3.9
November 19, 2012

My Beef with Yoga Teachers. ~ Ashley Josephine

Here it goes. I eat meat. Gasp (Home Alone style!)

I had to laugh when a student recently approached me cautiously before class and inquired whether or not I consume animal products, as if her entire impression of me would change based on the answer. Apparently, she’d only encountered liberal-minded vegetarian yoga instructors in the past. It’s not like they’re hard to find.

So here’s my hearty serving of pot roast to you, my fellow yoga teachers:

I love money.

I’m a certified yoga teacher and I know I offer great value to my clients. They feel better after class, are happier, chattier, peaceful-ler. Mission accomplished.

You rarely get that when you leave a doctor’s office, yet you willingly pay out the wazoo for those quacks too.

That’s why I charge what I’m worth (yes, I know the practice is priceless)—that  means more than free and less than outrageous. For Shiva’s sake, when the mat costs more than the class, something is seriously wrong.

Money and yoga tend to be a paradox to most; throw in business to the mix and you’re approaching mutually exclusive territory.

Let me be honest: it took a lot of energy healing to get my money issues straightened out plus a healthy kick in the pants (lululemon) from Danielle Laporte’s FireStarter Sessions, a year and $15,000 worth of training and support from my mastermind tribe and mentor, and the ever-present continuing education and additional training expenses (and certificates of completion) to make me feel like I was qualified to bow my head in front of a class and even utter the word namaste.

That cost a lot of money, honey.

Source: via Sweet on Pinterest

Plus, I like nice things. So shoot me—with your yogi guns that extend from your fingertips and blow sweet kisses of compassion out to the world. Can I get a witness?

Yoga helps people live better lives. That shit costs money!

Maybe I’m not the most compassionate person alive, but I’m also not homeless, thank you, and I can’t respect you if you think I should be by default because I’m a yoga teacher.

I also hate, from the bottom of my heart (I do have one), worrying about money, frugality in general and starving. I refuse to believe that I can’t live a good life doing what I love. That means I’m going to make money teaching yoga. I’m not going to struggle. I’m not going to grovel. And I’m not going to live in a communal yurt.

I’ll spend money on the things I value and save when and where I can. I’ll put my kids through college like my parents did for me. I’ll travel when and where I want to because it makes me happy.
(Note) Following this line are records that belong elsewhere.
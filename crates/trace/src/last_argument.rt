// The last word of a line, where a call has one of another kind than numbers.
ghost use Rattle.std.specs.Prelude.{◌≡◌, length};
ghost use Rattle.trace.specs.Pairs.{pairs_at};
ghost use Rattle.trace.specs.Last.{bit_at, bytes_at, bytes_kept, last_at, last_kept};

use crate::arguments::{Last, form_of};
use crate::faults::{Fault, Reason};
use crate::names::Name;
use crate::number::{Kind, read_one};
use crate::pairs::read_pairs;
use crate::step::Step;
use text::hex::read_bytes;
use text::names::same;
use text::words::next_word;

#[tactic(auto, unfolding(crate::specs::Last::bit_at, crate::specs::Steps::word_at))]
fn read_bit(s: &[u8], at: usize) -> Result<Step, Fault>
    ensures { result ≡ bit_at s.now at }
{
    let word = next_word(s, at);
    let start = word.start;
    let end = word.end;
    if start == end {
        return Err(Fault::missing(s));
    }
    let part = &s[start..end];
    if same(part, b"0") {
        return Ok(Step { to: end, number: 0 });
    }
    if same(part, b"1") {
        return Ok(Step { to: end, number: 1 });
    }
    Err(Fault::of(Reason::NoBit, word))
}

// The bytes go to the front of `bytes`; the number is how many.
#[tactic(auto, unfolding(crate::specs::Last::bytes_at, crate::specs::Last::bytes_kept, crate::specs::Steps::word_at))]
fn read_hex(s: &[u8], at: usize, bytes: &mut [u8]) -> Result<Step, Fault>
    ensures value { result ≡ bytes_at (length bytes.old) s.now at }
    ensures bytes_after { bytes.new ≡ bytes_kept s.now at bytes.old }
{
    let word = next_word(s, at);
    let start = word.start;
    let end = word.end;
    if start == end {
        return Err(Fault::missing(s));
    }
    match read_bytes(&s[start..end], bytes) {
        Ok(count) => Ok(Step {
            to: end,
            number: count as u64,
        }),
        Err(_) => Err(Fault::of(Reason::NoBytes, word)),
    }
}

// How many pairs there are. The numbers are read and not kept: whoever carries the call out reads them again.
fn count_pairs(s: &[u8], at: usize) -> Result<Step, Fault>
    ensures { result ≡ (pairs_at s.now at).step }
{
    let mut firsts = [0u64; 1];
    let mut seconds = [0u64; 1];
    read_pairs(s, at, &mut firsts, &mut seconds)
}

// Reads what stands last, where the call has something of another kind.
pub fn read_last(s: &[u8], at: usize, name: Name, bytes: &mut [u8]) -> Result<Step, Fault>
    ensures value { result ≡ last_at (length bytes.old) s.now at name }
    ensures bytes_after { bytes.new ≡ last_kept s.now at name bytes.old }
{
    match form_of(name).last {
        Last::None => Ok(Step { to: at, number: 0 }),
        Last::Bit => read_bit(s, at),
        Last::Length => read_one(s, at, Kind::Length),
        Last::Bytes => read_hex(s, at, bytes),
        Last::Pairs => count_pairs(s, at),
    }
}
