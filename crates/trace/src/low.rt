// Numbers that were read as ones of 32 bits.
ghost use Rattle.std.specs.Prelude.{◌≡◌, map, ◌≤◌, take, drop};
ghost use Rattle.trace.specs.Low.{low_of};

use std::array;

pub fn low(number: u64) -> u32
    ensures { result ≡ low_of number }
{
    (number % 4294967296) as u32
}

// Sixteen of them, from a place on: the offsets of a set-up, or its reset words.
pub fn sixteen(numbers: [u64; 32], from: usize) -> [u32; 16]
    requires { from ≤ 16 }
    ensures { result ≡ take 16 (map low_of (drop from numbers)) }
{
    array::from_fn(|i| low(numbers[from + i]))
}
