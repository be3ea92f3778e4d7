// Numbers of 64 bits in pairs, from a place on up to the line's end. A line may have any number of them.
ghost use Rattle.std.specs.Prelude.{◌≡◌, set};
ghost use Rattle.trace.specs.Stored.{stored};
ghost use Rattle.trace.specs.Pairs.{pairs_at, Kept};

use crate::faults::Fault;
use crate::number::{Kind, read_one};
use crate::step::Step;
use text::words::next_word;

// Stores a number at a place; where there is no such place, nothing.
fn keep(to: &mut [u64], place: usize, number: u64)
    ensures { to.new ≡ set to.old place number }
{
    if place < to.len() {
        to[place] = number;
    }
}

// Reads the pairs, the first numbers to the front of one list and the second ones to that of another. A pair for which there is no
// room is read all the same, and not kept. The step's number is how many pairs there are.
#[tactic(auto, using(crate::specs::Pairs::from_on), unfolding(crate::specs::Stored::stored_from, crate::specs::Pairs::pairs_from))]
pub fn read_pairs(
    s: &[u8],
    from: usize,
    firsts: &mut [u64],
    seconds: &mut [u64],
) -> Result<Step, Fault>
    ensures value { result ≡ (pairs_at s.now from).step }
    ensures firsts_after { firsts.new ≡ stored (pairs_at s.now from).firsts firsts.old }
    ensures seconds_after { seconds.new ≡ stored (pairs_at s.now from).seconds seconds.old }
{
    let mut at = from;
    for n in 0..s.len() {
        let word = next_word(s, at);
        if word.start == word.end {
            return Ok(Step {
                to: at,
                number: n as u64,
            });
        }
        let first = read_one(s, at, Kind::Wide)?;
        let second = read_one(s, first.to, Kind::Wide)?;
        keep(firsts, n, first.number);
        keep(seconds, n, second.number);
        at = second.to;
    }
    Ok(Step {
        to: at,
        number: s.len() as u64,
    })
}

// The pairs of a line whose call has nothing else, all of them or the first 1,025. The number is how many are kept, 0 for a line that
// is no such call.
pub fn pairs_of(s: &[u8], firsts: &mut [u64; 1025], seconds: &mut [u64; 1025]) -> usize
    ensures { Kept s.now firsts.new seconds.new result }
{
    let name = next_word(s, 0);
    let read = read_pairs(s, name.end, firsts, seconds);
    read.map_or(0, |last| last.number as usize).min(1025)
}
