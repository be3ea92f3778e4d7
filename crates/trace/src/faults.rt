// What makes a line no call.
ghost use Rattle.std.specs.Prelude.{◌≡◌};
ghost use Rattle.trace.specs.Steps.{fault, missing};

use text::words::{Word, next_word};

#[derive(Clone, Copy, Debug, PartialEq, Eq)]
pub enum Reason {
    UnknownName,
    // The word is the call's name.
    MissingWord,
    ExtraWord,
    NoNumber,
    NoNumber32,
    NoBit,
    NoLength,
    NoBytes,
    NoUart,
}

// The word at fault stands from `start` up to, and without, `end`.
#[derive(Clone, Copy, Debug, PartialEq, Eq)]
pub struct Fault {
    pub reason: Reason,
    pub start: usize,
    pub end: usize,
}

impl Fault {
    pub fn of(reason: Reason, word: Word) -> Fault
        ensures { result ≡ fault reason word }
    {
        Fault {
            reason,
            start: word.start,
            end: word.end,
        }
    }

    // The word at fault is then the call's name.
    pub fn missing(s: &[u8]) -> Fault
        ensures { result ≡ missing s.now }
    {
        Fault::of(Reason::MissingWord, next_word(s, 0))
    }
}
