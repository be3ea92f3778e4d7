// One number of a line, the next word from a place on.
ghost use Rattle.std.specs.Prelude.{◌≡◌};
ghost use Rattle.trace.specs.One.{limit_of, reason_of, number_at};

use crate::faults::{Fault, Reason};
use crate::step::Step;
use text::numbers::read_number;
use text::words::next_word;

// A number of 64 bits, one of 32, or the length of a buffer that a call may lend.
#[derive(Clone, Copy, Debug, PartialEq, Eq)]
pub enum Kind {
    Wide,
    Narrow,
    Length,
}

fn limit_of(kind: Kind) -> u64
    ensures { result ≡ limit_of kind }
{
    match kind {
        Kind::Wide => u64::MAX,
        Kind::Narrow => 4294967295,
        Kind::Length => 8192,
    }
}

fn reason_of(kind: Kind) -> Reason
    ensures { result ≡ reason_of kind }
{
    match kind {
        Kind::Wide => Reason::NoNumber,
        Kind::Narrow => Reason::NoNumber32,
        Kind::Length => Reason::NoLength,
    }
}

// Reads one number.
#[tactic(auto, unfolding(crate::specs::One::number_at, crate::specs::Steps::word_at))]
pub fn read_one(s: &[u8], at: usize, kind: Kind) -> Result<Step, Fault>
    ensures { result ≡ number_at s.now at kind }
{
    let word = next_word(s, at);
    if word.start == word.end {
        return Err(Fault::missing(s));
    }
    match read_number(&s[word.start..word.end], limit_of(kind)) {
        Some(number) => Ok(Step {
            to: word.end,
            number,
        }),
        None => Err(Fault::of(reason_of(kind), word)),
    }
}
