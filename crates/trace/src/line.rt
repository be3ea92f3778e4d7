// A line of the replay format as a call: its name, its numbers and its last word; or what is wrong with it. Its numbers and
// bytes go to lent arrays, so that a line with a fault changes nothing else.
ghost use Rattle.std.specs.Prelude.{◌≡◌, length};
ghost use Rattle.trace.specs.Numbers.{numbers_at};
ghost use Rattle.trace.specs.Stored.{stored};
ghost use Rattle.trace.specs.Lines.{end_at, words_at, words_kept};
ghost use Rattle.trace.specs.Lines.{line_of, numbers_of, bytes_after};

use crate::faults::{Fault, Reason};
use crate::last_argument::read_last;
use crate::names::{Name, name_of};
use crate::numbers::read_numbers;
use text::words::next_word;

// A call, with its last word where that is of another kind than numbers: 0 or 1, a length, or how many bytes or pairs there are.
#[derive(Clone, Copy, Debug, PartialEq, Eq)]
pub struct Call {
    pub name: Name,
    pub last: usize,
}

// No word is left after the last one.
#[tactic(auto, unfolding(crate::specs::Lines::end_at, crate::specs::Steps::word_at))]
fn read_end(s: &[u8], at: usize, name: Name, last: u64) -> Result<Call, Fault>
    ensures { result ≡ end_at s.now name at last }
{
    let word = next_word(s, at);
    if word.start == word.end {
        return Ok(Call {
            name,
            last: last as usize,
        });
    }
    Err(Fault::of(Reason::ExtraWord, word))
}

// The words after the name.
fn read_words(
    s: &[u8],
    at: usize,
    name: Name,
    numbers: &mut [u64; 32],
    bytes: &mut [u8],
) -> Result<Call, Fault>
    ensures value { result ≡ words_at (length bytes.old) s.now name at }
    ensures numbers_after { numbers.new ≡ stored (numbers_at s.now at name).values numbers.old }
    ensures bytes_after { bytes.new ≡ words_kept s.now name at bytes.old }
{
    let end = read_numbers(s, at, name, numbers)?;
    let last = read_last(s, end, name, bytes)?;
    read_end(s, last.to, name, last.number)
}

// Reads a line; one that is blank, or a comment, is no call. The numbers go to the front of `numbers`, and the bytes to that of
// `bytes`; what was read before a fault stays there.
#[tactic(auto, unfolding(crate::specs::Lines::on_call, crate::specs::Stored::stored_from, crate::specs::Steps::word_at))]
pub fn read_line(s: &[u8], numbers: &mut [u64; 32], bytes: &mut [u8]) -> Result<Option<Call>, Fault>
    ensures value { result ≡ line_of (length bytes.old) s.now }
    ensures numbers_after { numbers.new ≡ stored (numbers_of s.now) numbers.old }
    ensures bytes_after { bytes.new ≡ bytes_after s.now bytes.old }
{
    let word = next_word(s, 0);
    if word.start == word.end || s[0] == b'#' {
        return Ok(None);
    }
    let Some(name) = name_of(&s[word.start..word.end]) else {
        return Err(Fault::of(Reason::UnknownName, word));
    };
    let call = read_words(s, word.end, name, numbers, bytes)?;
    Ok(Some(call))
}
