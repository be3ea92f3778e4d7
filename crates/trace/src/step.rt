// A step along a line.

// How far the line was read, and the number that was read.
#[derive(Clone, Copy, Debug, PartialEq, Eq)]
pub struct Step {
    pub to: usize,
    pub number: u64,
}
I’ll do what I want to do because money won’t be an issue.

Yoga got me to this point; I place my trust in my practice to get me where I want to be in the future.

I humbly bow to your priority to live a life with little, but respectfully disagree.

Now stop offering all your classes for FREE.

Namaste.

P.S. – Ask me about my definition of free and/or see Danielle LaPorte’s definition in her bestselling self-help book The FireStarter Sessions. Chapter 13, page 254. Unfortunately, I’m not an affiliate and will be paid no money for this endorsement. I’m just giving it away for free.

 

Ashley Josephine has been studying yoga for five years and currently lives and teaches in Wichita Falls, TX. A writer, traveler and a whole lot of other things, Ashley believes wholeheartedly in experiences and is passionate about empowering women with yoga and mindfulness based practices. Sign up on ashleyjosephine.com if you’re a woman working through life’s daily stresses. You’ll get worldly wisdom, yoga, meditation and other free resources delivered straight to your inbox.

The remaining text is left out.